**Supplied information**:
-------
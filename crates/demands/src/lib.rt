// The user's three demands and the starred examples, gathered from the layers below. Nothing runs here: see specs/ and proofs/.
#![tactic(auto)]
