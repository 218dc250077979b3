ghost use Rattle.std.specs.Prelude.{IfOk};
ghost use Rattle.dump_bytes.specs.Bounds.{IsDump};
ghost use Rattle.dump_bytes.specs.Dumped.{dumped};

use dump_bytes::{Dump, DumpFault, read_dump};
use outside_io::MemorySource;
use std::alloc::{AllocError, Global};

/// The state after a run of one process, which has written to one page: 8 frames, the page file with
/// 4 blocks, of which one is charged, and a ring of 4 slots with limit 4.
pub const ONE_PAGE: [u8; 288] = [
    // The letters; 8 frames, 7 free, none modified, 1 process, 4 blocks, 1 charged, none assigned.
    86, 77, 83, 68, 85, 77, 80, 49, 0, 0, 0, 8, 0, 0, 0, 7, 0, 0, 0, 0, 0, 0, 0, 1, 0, 0, 0, 4, //
    0, 0, 0, 1, 0, 0, 0, 0, //
    // Frame 0 is active and modified, with page 0 of process 0, and 1 reference and 1 share.
    7, 1, 1, 0, 0, 0, 0, 0, 0, 0, 0, 0, 0, 0, 0, 1, 0, 0, 0, 1, //
    // Frames 1 to 7 are free and empty.
    0, 0, 0, 0, 0, 0, 0, 0, 0, 0, 0, 0, 0, 0, 0, 0, 0, 0, 0, 0, //
    0, 0, 0, 0, 0, 0, 0, 0, 0, 0, 0, 0, 0, 0, 0, 0, 0, 0, 0, 0, //
    0, 0, 0, 0, 0, 0, 0, 0, 0, 0, 0, 0, 0, 0, 0, 0, 0, 0, 0, 0, //
    0, 0, 0, 0, 0, 0, 0, 0, 0, 0, 0, 0, 0, 0, 0, 0, 0, 0, 0, 0, //
    0, 0, 0, 0, 0, 0, 0, 0, 0, 0, 0, 0, 0, 0, 0, 0, 0, 0, 0, 0, //
    0, 0, 0, 0, 0, 0, 0, 0, 0, 0, 0, 0, 0, 0, 0, 0, 0, 0, 0, 0, //
    0, 0, 0, 0, 0, 0, 0, 0, 0, 0, 0, 0, 0, 0, 0, 0, 0, 0, 0, 0, //
    // The free list.
    0, 0, 0, 1, 0, 0, 0, 2, 0, 0, 0, 3, 0, 0, 0, 4, 0, 0, 0, 5, 0, 0, 0, 6, 0, 0, 0, 7, //
    // The process is resident; 4 slots, hand 1, limit 4.
    0, 0, 0, 0, 0, 0, 0, 4, 0, 0, 0, 1, 0, 0, 0, 4, //
    // Slot 0 has page 0, the others are empty.
    1, 0, 0, 0, 0, 0, 0, 0, 0, 0, 0, 0, 0, 0, 0, 0, //
    0, 0, 0, 0, 0, 0, 0, 0, 0, 0, 0, 0, 0, 0, 0, 0, //
    // One valid entry: page 0 with the word A4000000. No flight.
    0, 0, 0, 1, 0, 0, 0, 0, 0xa4, 0, 0, 0, 0, 0, 0, 0, //
];

/// Reads these bytes, with calls that fail.
pub fn read(
    alloc: Global,
    bytes: Vec<u8>,
    fails: &[u32],
) -> Result<Result<Dump, DumpFault>, AllocError>
    ensures { IfOk result (λ answer. IfOk answer (λ dump. IsDump (dumped dump))) }
{
    let mut source = MemorySource::new(bytes, fails.to_vec(alloc)?);
    Ok(read_dump(alloc, &mut source))
}

/// The same dump with another byte at one place.
pub fn changed(alloc: Global, place: usize, byte: u8) -> Result<Vec<u8>, AllocError> {
    let mut bytes = ONE_PAGE.to_vec(alloc)?;
    if place < bytes.len() {
        bytes[place] = byte;
    }
    Ok(bytes)
}
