ghost use Rattle.serial_laws.specs.Alone.{AloneFindsAPage};
ghost use Rattle.serial_laws.specs.Lost.{LostWhenFailed};
ghost use Rattle.serial_laws.specs.Refused.{FailuresRefuseOnce};

/// When no transfer is open and no reuse is due, a process whose fellows are all gone finds a page on the
/// free list or on the modified list: its working set is smaller than the frames that aren't bad.
pub fn alone_finds_a_page()
    ensures { AloneFindsAPage }
{}

/// Once a seat's carrier has landed, it is lost if all its lifts failed, or if it began with the read of a
/// fault and that failed: so the request that the seat worked for may be refused for it.
pub fn failed_carriers_are_lost()
    ensures { LostWhenFailed }
{}

/// Along every run the requests of a seat's process that were refused for a failed transfer are at most the
/// transfers of that seat that failed: one failed transfer refuses at most one request, and none of another
/// process.
pub fn failures_refuse_once()
    ensures { FailuresRefuseOnce }
{}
-------
**What you have to do**: Lines of the listing above that hold the string "AllocError" should each be copied.

**Task output**:
use std::alloc::{AllocError, Global};
) -> Result<Result<Dump, DumpFault>, AllocError>
pub fn changed(alloc: Global, place: usize, byte: u8) -> Result<Vec<u8>, AllocError> {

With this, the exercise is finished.